On the design of multimaterial structural topologies using Integer Programming

This paper presents a framework for the discrete design of optimal multimaterial structural topologies using integer design variables and mathematical programming . The structural optimization problems: compliance minimization subject to mass constraint, and mass minimization subject to compliance constraint are used to design the multimaterial topologies in this work. The extended SIMP interpolation is used to interpolate the different materials available for structural design, and the material phases in each element are represented using binary design variables, one variable per available material. The Topology Optimization of Binary Structure (TOBS) method (Sivapuram and Picelli, 2018) is employed, wherein the nonlinear objective/constraint functions of optimization are sequentially approximated (herein, linearized) to obtain a sequence of Integer Linear Programs (ILPs). A novel truncation error-regulating constraint in terms of the Young’s moduli of the elements is introduced to maintain the sequential approximations valid, by restricting large changes in successive structural topologies. A commercial branch-and-bound solver is used to solve the integer subproblems yielding perfectly binary solutions which guarantee discrete structural topologies with clear material interfaces at each iteration. Adjoint sensitivities are computed to generate the integer subproblems, and the sensitivities are filtered using a conventional mesh-independent sensitivity filter. Few examples show the design of multimaterial structures in the presence of design-dependent loads: hydrostatic pressure loads and self-weight loads.
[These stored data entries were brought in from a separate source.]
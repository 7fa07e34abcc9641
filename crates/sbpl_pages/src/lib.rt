//! A list that takes memory only where it was written.
#![tactic(auto)]

mod paged;

pub use paged::Paged;
pub use sbpl_fixed::{NoMemory, ceil_root};
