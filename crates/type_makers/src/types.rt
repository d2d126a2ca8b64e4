//! The types of the basis, and what stands in them.
ghost use Rattle.std.specs.Prelude.{◌≡◌, [], ◌∷◌, IfOk};
ghost use Rattle.con_terms.specs.View.{con_tree};
ghost use Rattle.core_terms.specs.Types as meant;

use crate::made::{self, basic_at};
use crate::{made_types, symbols};
use con_terms::{Con, Sym};
use std::alloc::{AllocError, Global};

/// `int`
pub fn int_type() -> Con
    ensures { con_tree result ≡ meant.int_type }
{
    Con::Basic(symbols::INT)
}

/// `string`
pub fn string_type() -> Con
    ensures { con_tree result ≡ meant.string_type }
{
    Con::Basic(symbols::STRING)
}

/// `url`
pub fn url_type() -> Con
    ensures { con_tree result ≡ meant.url_type }
{
    Con::Basic(symbols::URL)
}

/// `bool`
pub fn bool_type() -> Con
    ensures { con_tree result ≡ meant.bool_type }
{
    Con::Basic(symbols::BOOL)
}

/// `dml`
pub fn dml_type() -> Con
    ensures { con_tree result ≡ meant.dml_type }
{
    Con::Basic(symbols::DML)
}

/// `sql_sequence`
pub fn sequence_type() -> Con
    ensures { con_tree result ≡ meant.sequence_type }
{
    Con::Basic(symbols::SQL_SEQUENCE)
}

/// `[]`, a row of no types
pub fn no_types(alloc: Global) -> Result<Con, AllocError>
    ensures { IfOk result (λ new. con_tree new ≡ meant.no_types) }
{
    made_types::no_fields(alloc)
}

/// `[name = t]`
pub fn one_field(alloc: Global, name: Con, t: Con) -> Result<Con, AllocError>
    ensures { IfOk result (λ new. con_tree new ≡ meant.one_field (con_tree name) (con_tree t)) }
{
    made::field_row(alloc, made::types_kind(), Ok(name), Ok(t))
}

/// `{}`
pub fn unit_type(alloc: Global) -> Result<Con, AllocError>
    ensures { IfOk result (λ new. con_tree new ≡ meant.unit_type) }
{
    made::record(alloc, no_types(alloc))
}

/// `transaction t`
pub fn transaction_of(alloc: Global, t: Con) -> Result<Con, AllocError>
    ensures { IfOk result (λ new. con_tree new ≡ meant.transaction_of (con_tree t)) }
{
    basic_at(alloc, symbols::TRANSACTION, Ok(t))
}

/// `option t`
pub fn option_of(alloc: Global, t: Con) -> Result<Con, AllocError>
    ensures { IfOk result (λ new. con_tree new ≡ meant.option_of (con_tree t)) }
{
    basic_at(alloc, symbols::OPTION, Ok(t))
}

/// `show t`
pub fn show_of(alloc: Global, t: Con) -> Result<Con, AllocError>
    ensures { IfOk result (λ new. con_tree new ≡ meant.show_of (con_tree t)) }
{
    basic_at(alloc, symbols::SHOW, Ok(t))
}

/// `eq t`
pub fn eq_of(alloc: Global, t: Con) -> Result<Con, AllocError>
    ensures { IfOk result (λ new. con_tree new ≡ meant.eq_of (con_tree t)) }
{
    basic_at(alloc, symbols::EQ, Ok(t))
}

/// `ord t`
pub fn ord_of(alloc: Global, t: Con) -> Result<Con, AllocError>
    ensures { IfOk result (λ new. con_tree new ≡ meant.ord_of (con_tree t)) }
{
    basic_at(alloc, symbols::ORD, Ok(t))
}

/// `num t`
pub fn num_of(alloc: Global, t: Con) -> Result<Con, AllocError>
    ensures { IfOk result (λ new. con_tree new ≡ meant.num_of (con_tree t)) }
{
    basic_at(alloc, symbols::NUM, Ok(t))
}

/// `sql_table columns`
pub fn table_of(alloc: Global, columns: Con) -> Result<Con, AllocError>
    ensures { IfOk result (λ new. con_tree new ≡ meant.table_of (con_tree columns)) }
{
    basic_at(alloc, symbols::SQL_TABLE, Ok(columns))
}

/// `sql_query tables results`
pub fn query_of(alloc: Global, tables: Con, results: Con) -> Result<Con, AllocError>
    ensures { IfOk result (λ new. con_tree new ≡ meant.query_of (con_tree tables) (con_tree results)) }
{
    made_types::query(alloc, Ok(tables), Ok(results))
}

/// `sql_exp tables t`
pub fn expression_of(alloc: Global, tables: Con, t: Con) -> Result<Con, AllocError>
    ensures { IfOk result (λ new. con_tree new ≡ meant.expression_of (con_tree tables) (con_tree t)) }
{
    let over = basic_at(alloc, symbols::SQL_EXP, Ok(tables));
    made::applied(alloc, over, Ok(t))
}

/// `http_cookie t`
pub fn cookie_of(alloc: Global, t: Con) -> Result<Con, AllocError>
    ensures { IfOk result (λ new. con_tree new ≡ meant.cookie_of (con_tree t)) }
{
    basic_at(alloc, symbols::HTTP_COOKIE, Ok(t))
}

/// `sql_injectable t`
pub fn injectable_of(alloc: Global, t: Con) -> Result<Con, AllocError>
    ensures { IfOk result (λ new. con_tree new ≡ meant.injectable_of (con_tree t)) }
{
    basic_at(alloc, symbols::SQL_INJECTABLE, Ok(t))
}

/// `$(results ++ map (fn f :: {Type} => $f) tables)`, a row of a query
pub fn result_of(alloc: Global, tables: Con, results: Con) -> Result<Con, AllocError>
    ensures { IfOk result (λ new. con_tree new ≡ meant.result_of (con_tree tables) (con_tree results)) }
{
    made_types::query_row(alloc, Ok(tables), Ok(results))
}

/// `{Value : t, Secure : bool}`, what a cookie is set to
pub fn setting_of(alloc: Global, t: Con) -> Result<Con, AllocError>
    ensures { IfOk result (λ new. con_tree new ≡ meant.setting_of (con_tree t)) }
{
    made_types::setting(alloc, Ok(t))
}

/// `xml context uses fills`: a tree that may stand in a context, in a form whose fields `uses` are
/// filled before it, and that fills `fills`
pub fn xml_of(alloc: Global, context: Con, uses: Con, fills: Con) -> Result<Con, AllocError>
    ensures { IfOk result (λ new. con_tree new ≡ meant.xml_of (con_tree context) (con_tree uses) (con_tree fills)) }
{
    made_types::xml(alloc, Ok(context), Ok(uses), Ok(fills))
}

/// `[name]`, a row of one unit
pub fn one_unit(alloc: Global, name: Sym) -> Result<Con, AllocError>
    ensures { IfOk result (λ new. con_tree new ≡ meant.unit_row (name.number ∷ [])) }
{
    made::field_row(
        alloc,
        made::units_kind(),
        made::label(name),
        made::unit_con(),
    )
}

/// `[name, other]`, a row of two units
pub fn two_units(alloc: Global, name: Sym, other: Sym) -> Result<Con, AllocError>
    ensures { IfOk result (λ new. con_tree new ≡ meant.unit_row (name.number ∷ other.number ∷ [])) }
{
    let first = made::field(made::label(name), made::unit_con());
    let second = made::field(made::label(other), made::unit_con());
    made::two_field_row(alloc, made::units_kind(), first, second)
}

/// `xml [name] [] []`
fn plain_xml_at(alloc: Global, name: Sym) -> Result<Con, AllocError>
    ensures { IfOk result (λ new. con_tree new ≡
        meant.xml_of (meant.unit_row (name.number ∷ [])) meant.no_types meant.no_types) }
{
    made_types::plain_xml(alloc, one_unit(alloc, name))
}

/// `page`, which is `xml [Html] [] []`
pub fn page_type(alloc: Global) -> Result<Con, AllocError>
    ensures { IfOk result (λ new. con_tree new ≡ meant.page_type) }
{
    plain_xml_at(alloc, symbols::HTML)
}

/// `xbody`, which is `xml [Body] [] []`
pub fn body_type(alloc: Global) -> Result<Con, AllocError>
    ensures { IfOk result (λ new. con_tree new ≡ meant.body_type) }
{
    plain_xml_at(alloc, symbols::BODY)
}

/// `xtable`, which is `xml [Table] [] []`
pub fn table_type(alloc: Global) -> Result<Con, AllocError>
    ensures { IfOk result (λ new. con_tree new ≡ meant.table_type) }
{
    plain_xml_at(alloc, symbols::TABLE)
}

/// `xtr`, which is `xml [Tr] [] []`
pub fn tr_type(alloc: Global) -> Result<Con, AllocError>
    ensures { IfOk result (λ new. con_tree new ≡ meant.tr_type) }
{
    plain_xml_at(alloc, symbols::TR)
}

/// `t ::: Type -> body`
pub fn for_type(alloc: Global, body: Con) -> Result<Con, AllocError>
    ensures { IfOk result (λ new. con_tree new ≡ meant.for_type (con_tree body)) }
{
    made_types::each_type(alloc, Ok(body))
}
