//! Folders of rows.
ghost use Rattle.std.specs.Prelude.{◌≡◌, IfOk};
ghost use Rattle.con_terms.specs.Trees.{row};
ghost use Rattle.con_terms.specs.View.{con_tree, kind_tree, pairs_tree};
ghost use Rattle.judgements.specs.View.{judged_tree, maybe_symbol, sc_view};
ghost use Rattle.kind_rules.specs.View.{found};
ghost use Rattle.node_rules.specs.Records as computed;

use crate::records::name_flaw;
use con_terms::{Con, Kind, Pairs, Place, Sym, copy_pairs};
use judgements::{
    Globals, Here, Judged, copied_kind, faulty, flaw_at, folder_named, has_kind, typed,
};
use kind_rules::Flaw;
use std::alloc::{AllocError, Global};
use type_faults::{Fault, Name, first};
use type_makers::{applied, row_kind};

/// A row literal.
fn row_literal(alloc: Global, k: &Kind, ps: &Pairs) -> Result<Con, AllocError>
    ensures { IfOk result (λ c. con_tree c ≡ row (kind_tree k.now) (pairs_tree ps.now)) }
{
    let kind = Box::new(alloc, copied_kind(alloc, k)?)?;
    Ok(Con::Row(kind, copy_pairs(alloc, ps)?))
}

/// The folder of a row, from the row's kind and the symbol of folders for it.
fn of_folder_at(
    alloc: Global,
    g: &Globals,
    s: &Here,
    p: Place,
    k: &Kind,
    ps: &Pairs,
    r: Result<Kind, Flaw>,
    symbol: Option<Sym>,
) -> Result<Judged, AllocError>
    ensures { IfOk result
        (λ j. judged_tree j ≡ computed.of_folder_at
        (sc_view g.now s.now)
        p
        (kind_tree k.now)
        (pairs_tree ps.now)
        (found kind_tree r)
        (maybe_symbol symbol)) }
{
    match symbol {
        None => {
            let none = Fault::Unbound(p, Name::Folder(copied_kind(alloc, k)?));
            let flaw = name_flaw(alloc, g, s, p, r)?;
            Ok(Judged {
                ty: None,
                told: first(Some(none), flaw),
            })
        }
        Some(symbol) => match r {
            Err(flaw) => Ok(faulty(flaw_at(alloc, g, s, p, flaw)?)),
            Ok(_) => {
                let row = row_literal(alloc, k, ps)?;
                Ok(typed(applied(alloc, Con::Basic(symbol), row)?))
            }
        },
    }
}

/// The folder of a row whose values have this kind.
pub fn of_folder(
    alloc: Global,
    g: &Globals,
    s: &Here,
    p: Place,
    k: &Kind,
    ps: &Pairs,
) -> Result<Judged, AllocError>
    ensures { IfOk result
        (λ j. judged_tree j
        ≡ computed.of_folder (sc_view g.now s.now) p (kind_tree k.now) (pairs_tree ps.now)) }
{
    let row = row_literal(alloc, k, ps)?;
    let wanted = row_kind(alloc, copied_kind(alloc, k)?)?;
    let r = has_kind(alloc, s, &row, &wanted)?;
    of_folder_at(alloc, g, s, p, k, ps, r, folder_named(g, k))
}
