//! The values and types of the basis by their names.
ghost use Rattle.std.specs.Prelude.{◌≡◌, ◌≢◌, IfOk, IfSome, IfNone};
ghost use Rattle.con_terms.specs.Trees as tree;
ghost use Rattle.con_terms.specs.View.{con_tree, kind_tree};
ghost use Rattle.core_terms.specs.BasisTexts as meant;
ghost use Rattle.core_terms.specs.declared.basis.TypeName.TheVariants as type_name;

use crate::lookups::{TYPES, VALUES, type_among, value_among};
use crate::made::{arrow_kind, basic, row_kind, types_kind, units_kind};
use crate::symbols;
use crate::types::{body_type, page_type, table_type, tr_type, unit_type};
use con_terms::{Con, Kind};
use core_terms::{BasisName, TypeName};
use std::alloc::{AllocError, Global};

/// The name of a value.
pub fn value_text(value: BasisName) -> &'static str
    ensures { result.now ≡ meant.value_text value }
{
    match value {
        BasisName::Return => "return",
        BasisName::Bind => "bind",
        BasisName::Error => "error",
        BasisName::Not => "not",
        BasisName::Strcat => "strcat",
        BasisName::Plus => "plus",
        BasisName::Minus => "minus",
        BasisName::Times => "times",
        BasisName::Divide => "divide",
        BasisName::Mod => "mod",
        BasisName::Neg => "neg",
        BasisName::Eq => "eq",
        BasisName::Ne => "ne",
        BasisName::Lt => "lt",
        BasisName::Le => "le",
        BasisName::Show => "show",
        BasisName::MkShow => "mkShow",
        BasisName::MkEq => "mkEq",
        BasisName::Txt => "txt",
        BasisName::Cdata => "cdata",
        BasisName::Join => "join",
        BasisName::Bless => "bless",
        BasisName::Query => "query",
        BasisName::QueryX => "queryX",
        BasisName::OneRow => "oneRow",
        BasisName::OneOrNoRows => "oneOrNoRows",
        BasisName::Dml => "dml",
        BasisName::Nextval => "nextval",
        BasisName::GetCookie => "getCookie",
        BasisName::SetCookie => "setCookie",
        BasisName::ClearCookie => "clearCookie",
        BasisName::NumInt => "num_int",
        BasisName::ShowInt => "show_int",
        BasisName::ShowString => "show_string",
        BasisName::ShowBool => "show_bool",
        BasisName::EqInt => "eq_int",
        BasisName::EqString => "eq_string",
        BasisName::EqBool => "eq_bool",
        BasisName::OrdInt => "ord_int",
        BasisName::OrdString => "ord_string",
        BasisName::OrdBool => "ord_bool",
        BasisName::SqlInt => "sql_int",
        BasisName::SqlString => "sql_string",
        BasisName::SqlBool => "sql_bool",
    }
}

/// The value of a name.
pub fn value_named(text: &str) -> Option<BasisName>
    ensures some { IfSome result (λ value. meant.value_text value ≡ text.now) }
    ensures none { IfNone result ((value : BasisName) → meant.value_text value ≢ text.now) }
{
    value_among(&VALUES, text)
}

/// The name of a type.
pub fn type_text(name: TypeName) -> &'static str
    ensures { result.now ≡ meant.type_text name }
{
    match name {
        TypeName::Int => "int",
        TypeName::String => "string",
        TypeName::Url => "url",
        TypeName::Unit => "unit",
        TypeName::Bool => "bool",
        TypeName::Option => "option",
        TypeName::List => "list",
        TypeName::Transaction => "transaction",
        TypeName::Xml => "xml",
        TypeName::Page => "page",
        TypeName::Xbody => "xbody",
        TypeName::Xtable => "xtable",
        TypeName::Xtr => "xtr",
        TypeName::Show => "show",
        TypeName::Eq => "eq",
        TypeName::Ord => "ord",
        TypeName::Num => "num",
        TypeName::SqlTable => "sql_table",
        TypeName::SqlQuery => "sql_query",
        TypeName::SqlExp => "sql_exp",
        TypeName::Dml => "dml",
        TypeName::SqlSequence => "sql_sequence",
        TypeName::HttpCookie => "http_cookie",
        TypeName::SqlInjectable => "sql_injectable",
    }
}

/// The type of a name.
pub fn type_named(text: &str) -> Option<TypeName>
    ensures some { IfSome result (λ name. meant.type_text name ≡ text.now) }
    ensures none { IfNone result ((name : TypeName) → meant.type_text name ≢ text.now) }
{
    type_among(&TYPES, text)
}

/// What the name of a type stands for.
pub fn named_type(alloc: Global, name: TypeName) -> Result<Con, AllocError>
    ensures { IfOk result (λ new. con_tree new ≡ meant.named_type name) }
{
    match name {
        TypeName::Int => basic(symbols::INT),
        TypeName::String => basic(symbols::STRING),
        TypeName::Url => basic(symbols::URL),
        TypeName::Unit => unit_type(alloc),
        TypeName::Bool => basic(symbols::BOOL),
        TypeName::Option => basic(symbols::OPTION),
        TypeName::List => basic(symbols::LIST),
        TypeName::Transaction => basic(symbols::TRANSACTION),
        TypeName::Xml => basic(symbols::XML),
        TypeName::Page => page_type(alloc),
        TypeName::Xbody => body_type(alloc),
        TypeName::Xtable => table_type(alloc),
        TypeName::Xtr => tr_type(alloc),
        TypeName::Show => basic(symbols::SHOW),
        TypeName::Eq => basic(symbols::EQ),
        TypeName::Ord => basic(symbols::ORD),
        TypeName::Num => basic(symbols::NUM),
        TypeName::SqlTable => basic(symbols::SQL_TABLE),
        TypeName::SqlQuery => basic(symbols::SQL_QUERY),
        TypeName::SqlExp => basic(symbols::SQL_EXP),
        TypeName::Dml => basic(symbols::DML),
        TypeName::SqlSequence => basic(symbols::SQL_SEQUENCE),
        TypeName::HttpCookie => basic(symbols::HTTP_COOKIE),
        TypeName::SqlInjectable => basic(symbols::SQL_INJECTABLE),
    }
}

/// The kind of what the name of a type stands for.
pub fn named_kind(alloc: Global, name: TypeName) -> Result<Kind, AllocError>
    ensures { IfOk result (λ new. kind_tree new ≡ meant.named_kind name) }
{
    match name {
        TypeName::Option
        | TypeName::List
        | TypeName::Transaction
        | TypeName::Show
        | TypeName::Eq
        | TypeName::Ord
        | TypeName::Num
        | TypeName::HttpCookie
        | TypeName::SqlInjectable => arrow_kind(alloc, types_kind(), types_kind()),
        TypeName::Xml => xml_kind(alloc),
        TypeName::SqlTable => arrow_kind(alloc, row_kind(alloc, types_kind()), types_kind()),
        TypeName::SqlQuery => query_kind(alloc),
        TypeName::SqlExp => expression_kind(alloc),
        _ => types_kind(),
    }
}

/// `{Unit} -> {Type} -> {Type} -> Type`
fn xml_kind(alloc: Global) -> Result<Kind, AllocError>
    ensures { IfOk result (λ new. kind_tree new ≡ meant.named_kind type_name.Xml) }
{
    let gives = arrow_kind(alloc, row_kind(alloc, types_kind()), types_kind());
    let gives = arrow_kind(alloc, row_kind(alloc, types_kind()), gives);
    arrow_kind(alloc, row_kind(alloc, units_kind()), gives)
}

/// `{{Type}} -> {Type} -> Type`
fn query_kind(alloc: Global) -> Result<Kind, AllocError>
    ensures { IfOk result (λ new. kind_tree new ≡ meant.named_kind type_name.SqlQuery) }
{
    let gives = arrow_kind(alloc, row_kind(alloc, types_kind()), types_kind());
    arrow_kind(alloc, tables_kind(alloc), gives)
}

/// `{{Type}} -> Type -> Type`
fn expression_kind(alloc: Global) -> Result<Kind, AllocError>
    ensures { IfOk result (λ new. kind_tree new ≡ meant.named_kind type_name.SqlExp) }
{
    let gives = arrow_kind(alloc, types_kind(), types_kind());
    arrow_kind(alloc, tables_kind(alloc), gives)
}

/// `{{Type}}`
fn tables_kind(alloc: Global) -> Result<Kind, AllocError>
    ensures { IfOk result (λ new. kind_tree new ≡ tree.row_of (tree.row_of tree.types)) }
{
    row_kind(alloc, row_kind(alloc, types_kind()))
}
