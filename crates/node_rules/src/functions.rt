//! Functions, and terms with their types.
ghost use Rattle.std.specs.Prelude.{◌≡◌, IfOk, option_map};
ghost use Rattle.con_terms.specs.Trees.{arrow as arrow_in, poly as poly_in};
ghost use Rattle.con_terms.specs.View.{con_tree, kind_tree};
ghost use Rattle.core_terms.specs.View.{maybe_con};
ghost use Rattle.judgements.specs.View.{judged_tree, sc_view};
ghost use Rattle.kind_rules.specs.View.{found};
ghost use Rattle.node_rules.specs.Functions as computed;
ghost use Rattle.type_faults.specs.View.{maybe_fault};

use con_terms::{Con, Kind, Place};
use judgements::{Globals, Here, Judged, copied, copied_kind, flaw_at, wants};
use kind_rules::Flaw;
use std::alloc::{AllocError, Global};
use type_faults::{Fault, first};
use type_makers::{arrow, poly};

/// A function's type, where its body has one.
fn arrow_to(alloc: Global, t: &Con, u: Option<Con>) -> Result<Option<Con>, AllocError>
    ensures { IfOk result (λ o. maybe_con o ≡ option_map (arrow_in (con_tree t.now)) (maybe_con u)) }
{
    match u {
        None => Ok(None),
        Some(u) => Ok(Some(arrow(alloc, copied(alloc, t)?, u)?)),
    }
}

/// `fn p => e`, from what is found for its body and what cover tells.
pub fn of_body(
    alloc: Global,
    t: &Con,
    own: Option<Fault>,
    body: Judged,
) -> Result<Judged, AllocError>
    ensures { IfOk result
        (λ r. judged_tree r ≡ computed.of_body (con_tree t.now) (maybe_fault own) (judged_tree body)) }
{
    let Judged { ty, told } = body;
    Ok(Judged {
        ty: arrow_to(alloc, t, ty)?,
        told: first(told, own),
    })
}

/// The type of a function of a constructor, where its body has one.
fn poly_of(
    alloc: Global,
    implicit: bool,
    k: &Kind,
    u: Option<Con>,
) -> Result<Option<Con>, AllocError>
    ensures { IfOk result (λ o. maybe_con o ≡ option_map (poly_in implicit (kind_tree k.now)) (maybe_con u)) }
{
    match u {
        None => Ok(None),
        Some(u) => Ok(Some(poly(alloc, implicit, copied_kind(alloc, k)?, u)?)),
    }
}

/// `fn [x :: k] => e`, from what is found for its body.
pub fn of_fn_con(
    alloc: Global,
    implicit: bool,
    k: &Kind,
    body: Judged,
) -> Result<Judged, AllocError>
    ensures { IfOk result
        (λ r. judged_tree r ≡ computed.of_fn_con implicit (kind_tree k.now) (judged_tree body)) }
{
    let Judged { ty, told } = body;
    Ok(Judged {
        ty: poly_of(alloc, implicit, k, ty)?,
        told,
    })
}

/// The written type, unless a fault is told.
fn unless_told(alloc: Global, t: &Con, own: &Option<Fault>) -> Result<Option<Con>, AllocError>
    ensures { IfOk result (λ o. maybe_con o ≡ computed.unless_told (con_tree t.now) (maybe_fault own.now)) }
{
    match own {
        None => Ok(Some(copied(alloc, t)?)),
        Some(_) => Ok(None),
    }
}

/// `(e : t)`, where `q` is the place of the term.
pub fn of_ascribed(
    alloc: Global,
    g: &Globals,
    s: &Here,
    p: Place,
    q: Place,
    t: &Con,
    k: Result<Kind, Flaw>,
    j: Judged,
) -> Result<Judged, AllocError>
    ensures { IfOk result
        (λ r. judged_tree r ≡ computed.of_ascribed
        (sc_view g.now s.now)
        p
        q
        (con_tree t.now)
        (found kind_tree k)
        (judged_tree j)) }
{
    let Judged { ty, told } = j;
    match k {
        Err(flaw) => Ok(Judged {
            ty: None,
            told: first(told, Some(flaw_at(alloc, g, s, p, flaw)?)),
        }),
        Ok(_) => match ty {
            None => Ok(Judged {
                ty: None,
                told: first(told, None),
            }),
            Some(u) => {
                let own = wants(alloc, g, s, q, t, &u)?;
                let ty = unless_told(alloc, t, &own)?;
                Ok(Judged {
                    ty,
                    told: first(told, own),
                })
            }
        },
    }
}
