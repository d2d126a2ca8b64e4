//! The types that the explicit language's definitions compute, built: of the basis, of `fold`, of
//! constructors, of tags and their attributes.
//!
//! Each function gives exactly the constructor that the definition of its name in `core_terms` is.
#![tactic(auto)]

pub mod basis;
pub mod by_name;
pub mod datatypes;
pub mod folds;
pub mod forms;
mod lookups;
mod made;
mod made_types;
pub mod queries;
pub mod symbols;
pub mod tags;
pub mod types;

pub use basis::basis_type;
pub use by_name::{named_kind, named_type, type_named, value_named, value_text};
pub use datatypes::{basis_datatypes, constructor_type, held_at, own_type};
pub use folds::{fold_step_type, fold_type};
pub use forms::{applied, arrow, arrow_kind, empty_row, guarded, joined, poly, record, row_kind};
pub use symbols::{basis_names, basis_symbols};
pub use tags::{Standing, TagSort, attribute_type, context_row, sort_of, stands};
pub use types::{
    bool_type, int_type, no_types, one_field, page_type, string_type, transaction_of, unit_type,
    xml_of,
};
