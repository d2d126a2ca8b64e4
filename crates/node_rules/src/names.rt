//! Names, literals and constructors.
ghost use Rattle.std.specs.Prelude.{◌≡◌, IfOk};
ghost use Rattle.con_terms.specs.View.{kind_tree};
ghost use Rattle.judgements.specs.View.{judged_tree, sc_view};
ghost use Rattle.node_rules.specs.Names as computed;

use con_terms::{Kind, Place, Sym};
use core_terms::BasisName;
use judgements::{
    Globals, Here, Judged, constructor_named, copied_kind, datatype_named, faulty, folder_named,
    local_type, of_name, top_type, typed,
};
use std::alloc::{AllocError, Global};
use type_faults::{Fault, Name};
use type_makers::{
    arrow, basis_type, constructor_type, fold_type, int_type, string_type, transaction_of,
    unit_type,
};

/// `x`
pub fn of_variable(
    alloc: Global,
    g: &Globals,
    s: &Here,
    p: Place,
    i: u32,
) -> Result<Judged, AllocError>
    ensures { IfOk result (λ r. judged_tree r ≡ computed.of_variable (sc_view g.now s.now) p i) }
{
    let fault = Fault::Unbound(p, Name::Variable(i));
    Ok(of_name(fault, local_type(alloc, s, i)?))
}

/// `M.x`
pub fn of_top(alloc: Global, g: &Globals, s: &Here, p: Place, i: u32) -> Result<Judged, AllocError>
    ensures { IfOk result (λ r. judged_tree r ≡ computed.of_top (sc_view g.now s.now) p i) }
{
    let fault = Fault::Unbound(p, Name::Value(i));
    Ok(of_name(fault, top_type(alloc, g, i)?))
}

/// `M.f`, a foreign effect
pub fn of_foreign(
    alloc: Global,
    g: &Globals,
    s: &Here,
    p: Place,
    i: u32,
) -> Result<Judged, AllocError>
    ensures { IfOk result (λ r. judged_tree r ≡ computed.of_foreign (sc_view g.now s.now) p i) }
{
    if (i as usize) < g.effects {
        let gives = transaction_of(alloc, unit_type(alloc)?)?;
        Ok(typed(arrow(alloc, string_type(), gives)?))
    } else {
        Ok(faulty(Fault::Unbound(p, Name::Effect(i))))
    }
}

/// A name of the basis.
pub fn of_basis(alloc: Global, b: BasisName) -> Result<Judged, AllocError>
    ensures { IfOk result (λ r. judged_tree r ≡ computed.of_basis b) }
{
    Ok(typed(basis_type(alloc, b)?))
}

/// `1`
pub fn of_number() -> Judged
    ensures { judged_tree result ≡ computed.of_number }
{
    typed(int_type())
}

/// `"a"`
pub fn of_text() -> Judged
    ensures { judged_tree result ≡ computed.of_text }
{
    typed(string_type())
}

/// `fold`
pub fn of_fold(
    alloc: Global,
    g: &Globals,
    s: &Here,
    p: Place,
    k: &Kind,
) -> Result<Judged, AllocError>
    ensures { IfOk result (λ r. judged_tree r ≡ computed.of_fold (sc_view g.now s.now) p (kind_tree k.now)) }
{
    match folder_named(g, k) {
        None => Ok(faulty(Fault::Unbound(p, Name::Folder(copied_kind(alloc, k)?)))),
        Some(folder) => Ok(typed(fold_type(alloc, k, folder)?)),
    }
}

/// A constructor of a datatype.
pub fn of_built(
    alloc: Global,
    g: &Globals,
    s: &Here,
    p: Place,
    symbol: Sym,
    j: u32,
) -> Result<Judged, AllocError>
    ensures { IfOk result (λ r. judged_tree r ≡ computed.of_built (sc_view g.now s.now) p symbol.number j) }
{
    let fault = Fault::Unbound(p, Name::Constructor(symbol, j));
    match datatype_named(g, symbol) {
        None => Ok(faulty(fault)),
        Some(d) => match constructor_named(d, j) {
            None => Ok(faulty(fault)),
            Some(c) => Ok(typed(constructor_type(alloc, d, c)?)),
        },
    }
}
This work also demonstrates through few examples, convergence of optimal multimaterial topologies at inactive constraint values when different type of loadings simultaneously act on the structure. • Integer programming is used in multimaterial structural optimization. • The optimized structures have clear boundaries and clear material interfaces. • A novel truncation error-regulating constraint is proposed for multimaterial problems. • Examples include models with design-dependent pressure and self-weight loads. • Convergence at inactive mass constraint values is demonstrated through few examples.